Saturday, March 17, 2012

"Africa, that's a Flyover Continent"

Keegan Michael Key and Jordan Peele are a couple of young, bi-racial comedians who host a new TV sketch show on Comedy Central.

The key word here is bi-racial. Both comedians have white mothers and middle-class backgrounds, personal histories that make it difficult impossible for them to identify exclusively with one or another culture. Of course, there's nothing new about biraciality en principe--ask Sally Hemmings or Barack Obama--but it remains surprisingly new and uncharted territory in America, where for centuries the one-drop rule has meant that anyone with a small percent of African ancestry is considered black. (Even the president, whose election Key and Peele cite as critical for the evolution of their own comedic perspective, self-identifies as as African American, despite having had almost no serious contact with black American culture growing up.)

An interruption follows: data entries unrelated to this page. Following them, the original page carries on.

// What is wrong with a prepared row.
ghost use Rattle.std.specs.Prelude.{◌≡◌, ◌+◌, ◌↔◌, ◌≤◌, IsTrue, None, option_copied, true, false, slice_index_or, replicate};
ghost use Rattle.std.specs.List.{list_any};
ghost use Rattle.common_spec.specs.Reading.{OrNone};
ghost use Rattle.rbu_value.specs.declared.value.Value.TheVariants.{Null};
ghost use Rattle.database_spec.specs.Keys.{is_null as is_null_of};
ghost use Rattle.prepared_spec.specs.RowKeys.{has_rowid_key as has_rowid_key_of};
ghost use Rattle.prepared_spec.specs.PreparedRows.{FirstChanged, IsChanged, is_integer as is_integer_of, is_key as is_key_of, key_changed as key_changed_of, marked_key as marked_key_of, uses as uses_of};

use rbu_rows::Control;
use rbu_value::{Bytes, Value, keeps_class};
use schema_spec::{Column, Table};

fn is_null(value: &Value) -> bool
    ensures { result ≡ is_null_of value.now }
{
    match value {
        Value::Null => true,
        Value::Int(_) => false,
        Value::Text(_) => false,
        Value::Blob(_) => false,
    }
}

/// Whether a NULL is among values.
pub(crate) fn has_null(values: &[Value]) -> bool
    ensures { result ≡ list_any is_null_of values.now }
{
    values.iter().any(is_null)
}

/// Whether the first value of a key is an integer.
pub(crate) fn is_integer_key(key: &[Value]) -> bool
    ensures { result ≡ is_integer_of (slice_index_or key.now 0 Null) }
{
    match key {
        [Value::Int(_), ..] => true,
        [Value::Null, ..] => false,
        [Value::Text(_), ..] => false,
        [Value::Blob(_), ..] => false,
        [] => false,
    }
}

/// Whether the key of a table is its rowid.
pub(crate) fn has_rowid_key(table: &Table) -> bool
    ensures { result ≡ has_rowid_key_of table.now }
{
    match table.key.as_slice() {
        [] => true,
        [_, ..] => table.rowid_column.is_some(),
    }
}

// Whether the column at a place is one of a key.
fn is_key(at: usize, key: &[u32]) -> bool
    ensures { result ≡ is_key_of at key.now }
{
    key.iter().any(|place| *place as usize == at)
}

// The name of the first marked column that is one of the key.
fn marked_key<'a>(key: &[u32], columns: &'a [Column], marks: &[bool]) -> Option<&'a Bytes>
    ensures { option_copied result ≡ marked_key_of key.now 0 columns.now marks.now }
{
    let mut at = 0;
    let mut columns_left = columns;
    let mut marks_left = marks;
    while let [column, more @ ..] = columns_left {
        let [mark, rest @ ..] = marks_left else {
            return None;
        };
        if *mark && is_key(at, key) {
            return Some(&column.name);
        }
        at += 1;
        columns_left = more;
        marks_left = rest;
    }
    None
}

/// The name of the first column of a target's key that an update marks.
pub(crate) fn key_changed<'a>(target: &'a Table, control: &Control) -> Option<&'a Bytes>
    ensures { option_copied result ≡ key_changed_of target.now control.now }
{
    match control {
        Control::Update(marks) => marked_key(
            target.key.as_slice(),
            target.columns.as_slice(),
            marks.as_slice(),
        ),
        Control::Insert => None,
        Control::Replace => None,
        Control::Delete => None,
    }
}

// Whether a column stores its value in another class, where it uses it.
fn is_changed(key: &[u32], at: usize, column: &Column, used: bool, value: &Value) -> bool
    ensures { IsTrue result ↔ IsChanged key.now at column.now used value.now }
{
    (used || is_key(at, key)) && !keeps_class(value, column.affinity)
}

/// The name of the first column that is used, or is one of the key, and would store its value in another class.
pub(crate) fn class_changed<'a>(
    key: &[u32],
    columns: &'a [Column],
    used: &[bool],
    values: &[Value],
) -> Option<&'a Bytes>
    ensures { OrNone (FirstChanged key.now 0 columns.now used.now values.now) (option_copied result) }
{
    let mut at = 0;
    let mut columns_left = columns;
    let mut used_left = used;
    let mut values_left = values;
    while let [column, more @ ..] = columns_left {
        let [uses, others @ ..] = used_left else {
            return None;
        };
        let [value, rest @ ..] = values_left else {
            return None;
        };
        if is_changed(key, at, column, *uses, value) {
            return Some(&column.name);
        }
        at += 1;
        columns_left = more;
        used_left = others;
        values_left = rest;
    }
    None
}

/// Which columns a control uses, of which there are as many as items in `every`, all of them true, and in `no`, all of them false.
pub(crate) fn uses<'a>(
    control: &'a Control,
    every: &'a [bool],
    no: &'a [bool],
    count: usize,
) -> &'a [bool]
    requires every { every.now ≡ replicate count true }
    requires no { no.now ≡ replicate count false }
    ensures { result.now ≡ uses_of control.now count }
{
    match control {
        Control::Insert => every,
        Control::Replace => every,
        Control::Delete => no,
        Control::Update(marks) => marks.as_slice(),
    }
}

What's surprising is how much comedic landscape opens up s a result. Some of Key and Peele's humor comes from the absurd expectations other people have of them: Whites expect them to be ghetto-tough and black one minute, white and conciliatory the next; blacks expect the same, only in reverse. And some of their humor amounts to a salutary criticism of a lingering adversarial culture that makes less and less sense. One sketch features Peele as a streetcorner thug bragging about his masculinity when Obama's motorcade pulls up. Obama looks the thug up and down and says:  "I'm the leader of the Free World."  Hard to out-hustle a guy who can launch hellfire missiles.

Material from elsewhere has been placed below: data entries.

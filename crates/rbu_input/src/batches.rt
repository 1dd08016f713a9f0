// Reads the rows of a `data_` table as a batch.
ghost use Rattle.std.specs.Prelude.{◌≡◌, ◌≤◌, ◌⊎◌, [], None, IfOk, IfErr, length};
ghost use Rattle.std.specs.List.{AllByRecursion};
ghost use Rattle.page_store.specs.Store.{HasSizes, OwesBy};
ghost use Rattle.tree_walk.specs.Stores.{SeesTree};
ghost use Rattle.prepared_spec.specs.DataTables.{table_fault};
ghost use Rattle.prepared_spec.specs.Inputs.{key_twice};
ghost use Rattle.rbu_input.specs.Batches.{IsClosed, IsRooted, ReadsBatch, ReadsTable};
ghost use Rattle.compared_keys.specs.Keys.{HasKey};
ghost use Rattle.rbu_input.specs.Keys.{IsKeyTwice};
ghost use Rattle.rbu_input.specs.Reading.{fault_in};
ghost use Rattle.rbu_input.specs.RowAnswers.{IsWant, Refuses};
ghost use Rattle.rbu_input.specs.Sums.{AreWithin};
ghost use Rattle.rbu_input.specs.Tables.{table_at};

use crate::fault::InputError;
use crate::keys::check_keys;
use crate::layout::layout_of;
use crate::reading::{CountedRows, read_rows};
use crate::store_fault::{StoreFault, of_input};
use crate::sums::Sums;
use crate::table::{check_table, find_target};
use database_spec::{Catalog, Entry};
use owned_list::OwnedList;
use page_store::PageRead;
use rbu_rows::Batch;
use rbu_value::Bytes;
use schema_spec::Table;
use std::alloc::{AllocError, Global};

/// The rows of a `data_` table, and the sums with them.
#[derive(Drop)]
pub(crate) struct CountedBatch {
    pub(crate) batch: Batch,
    pub(crate) sums: Sums,
}

// The batch of rows, or the refusal of two that have one key.
fn close_table(
    alloc: Global,
    source: &[u8],
    name: &[u8],
    target: &Table,
    read: CountedRows,
) -> Result<CountedBatch, InputError>
    requires keys { AllByRecursion (HasKey target.now) read.rows.items }
    ensures closed { IfOk result (IsClosed source.now name.now read) }
    ensures right { IfOk result (λ _. key_twice target.now [] read.rows.items ≡ None) }
    ensures fault { IfErr result (λ fault. IsWant fault ⊎ Refuses (IsKeyTwice source.now target.now read.rows.items) fault) }
{
    match check_keys(alloc, source, target, read.rows.as_slice()) {
        Ok(()) => {}
        Err(fault) => return Err(fault),
    }
    let table = Bytes::of(alloc, name)?;
    let source = Bytes::of(alloc, source)?;
    let CountedRows { rows, sums } = read;
    Ok(CountedBatch {
        batch: Batch {
            table,
            source,
            rows: OwnedList::from_vec(rows),
        },
        sums,
    })
}

// The batch of the `data_` table at a root.
fn read_batch<S: PageRead>(
    alloc: Global,
    store: &mut S,
    root: u32,
    source: &[u8],
    name: &[u8],
    target: &Table,
    own: &Table,
    sums: Sums,
) -> Result<CountedBatch, StoreFault<S::Fault>>
    requires sizes { HasSizes S.PageRead store.old }
    requires first { 1 ≤ root }
    requires last { root ≤ S.count store.old }
    requires few { length target.now.columns ≤ 200 }
    requires within { AreWithin sums }
    ensures within { IfOk result (λ counted. AreWithin counted.sums) }
    ensures pages { SeesTree S.PageRead store.old store.new (λ sizes base. ReadsBatch sizes base source.now name.now target.now own.now root sums result) }
    ensures owes { OwesBy S.PageRead fault_in store.old store.new result }
{
    let layout = match layout_of(alloc, target, own) {
        Ok(layout) => layout,
        Err(error) => return Err(StoreFault::Memory(error)),
    };
    match read_rows(alloc, store, root, source, target, own, &layout, sums) {
        Ok(read) => match close_table(alloc, source, name, target, read) {
            Ok(counted) => Ok(counted),
            Err(fault) => Err(of_input(fault)),
        },
        Err(fault) => Err(fault),
    }
}

/// The batch of a `data_` table, behind others that these are the sums of; or the first thing that is wrong with it.
pub(crate) fn read_table<S: PageRead>(
    alloc: Global,
    store: &mut S,
    catalog: &Catalog,
    source: &[u8],
    target: &[u8],
    entry: &Entry,
    sums: Sums,
) -> Result<CountedBatch, StoreFault<S::Fault>>
    requires sizes { HasSizes S.PageRead store.old }
    requires rooted { IfOk entry.now.meaning (λ _. IsRooted (S.count store.old) entry.now) }
    requires within { AreWithin sums }
    ensures within { IfOk result (λ counted. AreWithin counted.sums) }
    ensures pages { SeesTree S.PageRead store.old store.new (λ sizes base. ReadsTable sizes base catalog.now (table_at source.now target.now entry.now) sums result) }
    ensures owes { OwesBy S.PageRead fault_in store.old store.new result }
{
    match check_table(alloc, catalog, source, target, entry) {
        Ok(()) => {}
        Err(fault) => return Err(of_input(fault)),
    }
    let Some(named) = find_target(catalog, target) else {
        unreachable!();
    };
    match &named.entry.meaning {
        Ok(table) => match &entry.meaning {
            Ok(own) => read_batch(
                alloc,
                store,
                entry.root,
                source,
                named.name.as_slice(),
                table,
                own,
                sums,
            ),
            // Its text was not read for want of memory.
            Err(_) => Err(StoreFault::Memory(AllocError)),
        },
        Err(_) => Err(StoreFault::Memory(AllocError)),
    }
}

But a lot of Key and Peele's jokes come from their having a critical distance toward their own "blackness." Their spoofs on black credulity and opportunism come this close to licensing racism, as if they're giving their white audience the opportunity to laugh at blacks because, as "blacks," they're allowed to say things whites wouldn't dare to say. I imagine there are some whites who enjoy their comedy for precisely that reason, just as some people thought Archie Bunker was a truth-teller. As Key and Peele become more popular, I worry that they'll come under increasing criticism from within the black community for selling out or playing blackface. I hope not. What Key and Peele are doing is much interesting than that, and they're funny in part because of how daring they are. As you laugh you're thinking--as you never do when you watch say, the vulgarities of a Comedy Central Roast--Can they say that? (Not that the roasts aren't funny; they're just not daring.)

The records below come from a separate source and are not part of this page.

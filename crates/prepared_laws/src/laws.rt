// Laws about the definitions of updates.
ghost use Rattle.std.specs.Prelude.{List};
ghost use Rattle.rbu_rows.specs.declared.prepared.Batch.{Batch};
ghost use Rattle.database_spec.specs.declared.catalog.Catalog.{Catalog};
ghost use Rattle.database_spec.specs.Databases.{Database};
ghost use Rattle.prepared_spec.specs.Outcomes.{TransactionResult, IsOutcome};
ghost use Rattle.prepared_laws.specs.TransactionsLaws.{AreUsableGroups};

/// A transaction of groups that can be used has an outcome: the fault of its last step, or a new database.
pub fn transaction_has_an_outcome()
    ensures { (catalog : Catalog) (old : Database) (groups : List (List Batch)) → AreUsableGroups catalog old.lists groups → (result : TransactionResult) × IsOutcome catalog old groups result }
{}
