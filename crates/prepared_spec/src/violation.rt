// Why a transaction of prepared rows does not come about.
use owned_list::OwnedList;
use rbu_value::{Bytes, Value};

/// A constraint of the target that the transaction of all prepared rows breaks.
#[derive(Drop)]
pub enum Violation {
    /// A row would have NULL in a column declared NOT NULL. The table and the column are the target's, the rowid that of the prepared row.
    NotNull {
        table: Bytes,
        data_rowid: i64,
        column: Bytes,
    },
    /// A row is inserted whose key is there. The rowid is that of the prepared row.
    KeyPresent {
        table: Bytes,
        data_rowid: i64,
    },
    /// Two entries of a unique index would agree in their columns. The values of the entry that is at fault, the rowid last.
    NotUnique {
        index: Bytes,
        key: OwnedList<Value>,
    },
    /// A new row would have a rowid over 9223372036854775807.
    RowidsSpent {
        table: Bytes,
    },
}

/// A change of one entry of an index. The values of the indexed columns, and then the rowid.
#[derive(Drop)]
pub enum Change {
    Remove(OwnedList<Value>),
    Add(OwnedList<Value>),
}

Take the following exchange, with which they opened up one of their shows:

Welcome to the show. thank you for coming.
Uh, I am Keegan. - and I am Jordan. Hello.
And this is Key and Peele.
[cheers and applause] - AND, UH, AFRICA IS TRULY [bleep]ED UP.
You just came outta the gate with that.
IT'S [bleep]ED UP, KEEGAN.
See, and I completely disagree.
I would go to Africa right now.
No, see, there are flyover states. 
For me, Africa, that's a flyover continent.
So, you're seriously telling me you would not want to see the Nile?
No.
You would not want to see the plains of the Serengeti - no.
You would not want to see, uh, Mt. Kilimanjaro.
Kilimanjaro? - No.
You didn't. no, you did not.
I'm saying, ..
Slavery was an awful thing.
 Awful.
All I'm saying, silver lining, it got my ass out of Africa.
 Okay. - I said it.
But things are improving there, Jordan.
- it's not--it's not-- it's not different enough.
I'm sorry, no, I refuse to go to a continent that's so bad that people don't even care if there are flies on their face.
Unbelievable.

I don't want to comment on this too much. Jokes and frogs, for one thing. For another, I'm not quite sure what to make of it. Could a pair of white comics get away with saying this? Absolutely not. Could blacks? Maybe, but I've never heard any attempt it. Black comedians satirize blacks all the time--and wouldn't be doing their job if they didn't--but generally avoid doing it in ways that might embarrass their community in front of white audiences. That's where Key and Peele are ready to go. It's someplace we as a culture haven't been, and I wonder if we're ready to go there yet.